2. MateriaLs and methods

Semiconductor powder samples with micrometer-sized microcrystals and flat monocrystals of 1-2 cm 2 with a thickness of 0.5 mm were used for the investigation. The semiconductor surface was covered with dyes from the ethanol solution with a definite concentration by means of a natural evaporation of the solvent at room temperature. The photoconductivity measurements were performed in special surface type cells for investigating the electro-physical properties of powder semiconductors [13], in which the sample in the pellet form was pressed to a quartz plate under constant pressure (approx. 10 kg/cm 2 ). The quartz plate was covered with platinum electrodes in the form of a solution; the distance between the electrodes was 0.1 mm, and the effective length of electrodes was 80 mm. The measurements were carried out in conditions of a constant sweeping electric field [14]. The method used for the investigation of the monocrystal samples was the measurement of the condenser photo-EMF at the modulated irradiation [15]. To estimate the effectiveness of the photoeffect, the measured signals Δ I ph and Δ U ph were normalized to the same number of incident light quanta E .

3. RESULTS AND DISCUSSION

Let us consider the processes occurring in the dye-semiconductor system during light absorption by the dye. During the dye photoexcitation both non-radiative and radiative electron transitions can occur in the molecule. The rate of the internal energy degradation depends on the rigidity of the dye molecule skeleton, which determines the possibility of electron excitation energy exchange between the vibrational and rotational degrees of freedom. For the majority of dyes in the adsorbed state the molecular structure becomes more rigid and intramolecular conversion probability becomes insignificant. Therefore, the luminescent quantum yield of adsorbed dyes is measured in tens of percent on dielectrics, while luminescence is completely absent on metals, narrow-band semiconductors and well-sensitizable photosensitive broad-band semiconductors (for example, silver halides and zinc oxide) because of the effective photoexcitation energy transfer to the adsorbent [2-4, 16].

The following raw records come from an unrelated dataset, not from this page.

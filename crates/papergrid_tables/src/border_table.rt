//! Values for the edges, corners and lines of a table. Source: `config/spanned/borders_config.rs`.

ghost use Rattle.std.specs.Prelude.{◌≡◌, ◌∷◌, [], map, ◌+◌, ◌<◌, ◌^◌, ◌↔◌, ◌++◌, List, ℕ, OnOk, OnErr, IfOk, IsFalse, IsTrue, nat_eq, option_copied};
ghost use Rattle.std.specs.HashMap.{get as map_get};
ghost use Rattle.std.specs.Option.{option_or};
ghost use Rattle.std.specs.FinMap.{get as value_at};
ghost use Rattle.papergrid_values.specs.History.{AppendsHistory};
ghost use Rattle.papergrid_values.specs.Borders.{border_parts};
ghost use Rattle.papergrid_values.specs.declared.direction.Direction.TheVariants.{Columns, Rows};
ghost use Rattle.papergrid_tables.specs.BorderCalls.{BorderCall, Clear, InsertBorder, RemoveBorder, InsertHorizontalLine, RemoveHorizontalLine, InsertVerticalLine, RemoveVerticalLine, SetBorders, SetGlobal};
ghost use Rattle.papergrid_tables.specs.StoredBorders.{HasBorderHistory, parts_of_borders};
ghost use Rattle.papergrid_values.specs.MapKeys.{position_eq};
ghost use Rattle.papergrid_tables.specs.LineTests.{line_along};
ghost use Rattle.papergrid_tables.specs.BorderParts.{HasNoCellParts, IsSet, found_border, found_horizontal, found_intersection, found_vertical, HasLine};

use crate::border_parts as parts;
use crate::counted_lines::Lines;
use crate::counted_parts::{Corners, Edges};
use papergrid_values::{Border, Borders, HorizontalLine, Position, VerticalLine};
use std::alloc::{AllocError, Global};
use std::collections::HashMap;
use std::marker::Model;
use std::mem;
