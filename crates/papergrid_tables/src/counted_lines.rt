//! Lines by number, with how many of them have each end set.

ghost use Rattle.std.specs.Prelude.{◌≡◌, ◌+◌, ◌<◌, ◌≤◌, ◌^◌, ◌==◌, ◌&&◌, ◌||◌, [], ℕ, Bool, Some, None, OnOk, OnErr, IfOk, is_some, nat_eq, option_copied};
ghost use Rattle.std.specs.HashMap.{IsUnchanged, Updates, get as map_get};
ghost use Rattle.papergrid_tables.specs.ForProofs.CountedLines.{AreEndsCounted, is_end_set, reaches};
ghost use Rattle.papergrid_tables.specs.ForProofs.Counts.{one_if};

use papergrid_values::{HorizontalLine, VerticalLine};
use std::alloc::{AllocError, Global};
use std::collections::HashMap;

/// Which ends of a line are set: its left and its right one, or its top and its bottom one.
#[derive(Clone, Copy)]
pub(crate) struct Ends {
    first: bool,
    last: bool,
}

impl Ends {
    // Of no line.
    const NONE: Ends = Ends {
        first: false,
        last: false,
    };

    fn of<T>(first: &Option<T>, last: &Option<T>) -> Ends
        ensures first { result.first ≡ is_some first.now }
        ensures last { result.last ≡ is_some last.now }
    {
        Ends {
            first: first.is_some(),
            last: last.is_some(),
        }
    }
}

/// A line with two ends.
pub(crate) trait Ended {
    ghost has_first: { Self → Bool };

    ghost has_last: { Self → Bool };

    /// Which ends are set.
    fn ends(&self) -> Ends
        ensures first { result.first ≡ has_first self.now }
        ensures last { result.last ≡ has_last self.now };
}

impl<T> Ended for HorizontalLine<T> {
    ghost has_first = { λ l. is_some l.left };

    ghost has_last = { λ l. is_some l.right };

    fn ends(&self) -> Ends {
        Ends::of(&self.left, &self.right)
    }
}

impl<T> Ended for VerticalLine<T> {
    ghost has_first = { λ l. is_some l.top };

    ghost has_last = { λ l. is_some l.bottom };

    fn ends(&self) -> Ends {
        Ends::of(&self.top, &self.bottom)
    }
}

/// Lines by number, and how many of them have their first end set, and how many their last end.
#[derive(Debug, Clone)]
pub(crate) struct Lines<L> {
    pub(crate) values: HashMap<usize, L>,
    first_ends: usize,
    last_ends: usize,
}

// By hand: docs/DECISIONS.md, "Drops".
impl<L: Drop> Drop for Lines<L> {
    fn drop(self) {
        let Lines {
            values: _,
            first_ends: _,
            last_ends: _,
        } = self;
    }
}

impl<L> Lines<L> {
    /// No line. It does not allocate.
    pub(crate) fn new(alloc: Global) -> Self
        ensures empty { result.values.entries ≡ [] }
        ensures counted { (has_first has_last : L → Bool) →
            AreEndsCounted has_first has_last result }
    {
        Lines {
            values: HashMap::new(alloc),
            first_ends: 0,
            last_ends: 0,
        }
    }

    /// Whether a line that ends at an index has that end set: the first ends stand at 0, the last
    /// ones at the count.
    pub(crate) fn reach(&self, index: usize, count: usize) -> bool
        ensures { result ≡ reaches index count self.now }
    {
        (index == 0 && self.first_ends > 0) || (index == count && self.last_ends > 0)
    }

    // Counts the ends of a line in place of those of an old one.
    fn recount(&mut self, old: Ends, new: Ends)
        requires stored_first { one_if old.first ≤ self.old.first_ends + one_if new.first }
        requires stored_last { one_if old.last ≤ self.old.last_ends + one_if new.last }
        requires small { (self.old.first_ends + 1 < 2 ^ 64) × (self.old.last_ends + 1 < 2 ^ 64) }
        ensures values { self.new.values ≡ self.old.values }
        ensures first { self.new.first_ends + one_if old.first
            ≡ self.old.first_ends + one_if new.first }
        ensures last { self.new.last_ends + one_if old.last ≡ self.old.last_ends + one_if new.last }
    {
        self.first_ends = replaced(self.first_ends, old.first, new.first);
        self.last_ends = replaced(self.last_ends, old.last, new.last);
    }
}

impl<L: Clone> Lines<L> {
    /// All lines, or out of memory. Condition: a clone of a line equals it.
    pub(crate) fn all(&self) -> Result<HashMap<usize, L>, AllocError>
        requires { (x y : L) → L.is_clone x y → y ≡ x }
        ensures { IfOk result (λ all. (n : ℕ) →
            map_get nat_eq all n ≡ map_get nat_eq self.now.values n) }
    {
        self.values.clone()
    }
}

impl<L: Ended + Drop> Lines<L> {
    /// Writes a line, or leaves all as it was where an allocation fails.
    pub(crate) fn put(&mut self, number: usize, line: L) -> Result<(), AllocError>
        requires { AreEndsCounted L.has_first L.has_last self.old }
        ensures ok { OnOk result
            (Updates nat_eq self.old.values self.new.values number (Some line)) }
        ensures err { OnErr result (IsUnchanged self.old.values self.new.values) }
        ensures counted { AreEndsCounted L.has_first L.has_last self.new }
    {
        // No count is greater than the length, which is told here.
        let _ = self.values.len();
        let new = line.ends();
        let old = self.values.insert(number, line)?;
        self.recount(ends_of(old.as_ref()), new);
        Ok(())
    }

    /// Drops a line.
    pub(crate) fn take(&mut self, number: usize)
        requires { AreEndsCounted L.has_first L.has_last self.old }
        ensures taken { Updates nat_eq self.old.values self.new.values number None }
        ensures counted { AreEndsCounted L.has_first L.has_last self.new }
    {
        // No count is greater than the length, which is told here.
        let _ = self.values.len();
        let old = self.values.remove(&number);
        self.recount(ends_of(old.as_ref()), Ends::NONE);
    }
}

// Which ends of a line are set, if there is one.
fn ends_of<L: Ended>(line: Option<&L>) -> Ends
    ensures first { result.first ≡ is_end_set L.has_first (option_copied line.entry) }
    ensures last { result.last ≡ is_end_set L.has_last (option_copied line.entry) }
{
    match line {
        Some(line) => line.ends(),
        None => Ends::NONE,
    }
}

fn replaced(count: usize, old: bool, new: bool) -> usize
    requires stored { one_if old ≤ count + one_if new }
    requires small { count + 1 < 2 ^ 64 }
    ensures { result + one_if old ≡ count + one_if new }
{
    count + usize::from(new) - usize::from(old)
}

One of the main reasons for the luminescence quenching in these systems is the existence of local electron states in the forbidden gap of the semiconductor capable of accepting energy from the dye. For the complete luminescence quenching a certain concentration of the surface state occupied by electrons, and an integrated density 10 9 - 10 10 -2 is sufficient [2-4]. This is an essential requirement for the sensitization of broad-band semiconductors, in which surface states occupied by electrons are responsible for the weak absorption and photoconductivity in the impurity region. The dyes significantly increase the absorption in this region, thus providing spectral sensitization of the internal photoelectric effect.

In silicon this energy interval corresponds to electron transitions from the valence band to the conduction band; therefore, the density of states capable of accepting the photoexcitation energy of the dye is quite sufficient for the complete luminescence quenching. Figure 1 shows the photoconductivity spectra of the starting silicon sample and the samples with the dyes applied to the semiconductor surface. The results show that the photoconductivity of dyed samples in the absorption range of the dyes (curves 2 and 3, Fig. 1) is higher than the photoconductivity of undyed silicon by more than an order of magnitude (curves 1, Fig. 1). The increase in photoconductivity in the absorption range of the dye cannot be attributed to the carrier generation in the dye layer because the dark conductivity of both the powdery dye layers and the thin dye films deposited from a solution on a quartz plate with electrodes is several orders of magnitude smaller than the conductivity of undyed silicon samples, where the photoconductivity is absent altogether.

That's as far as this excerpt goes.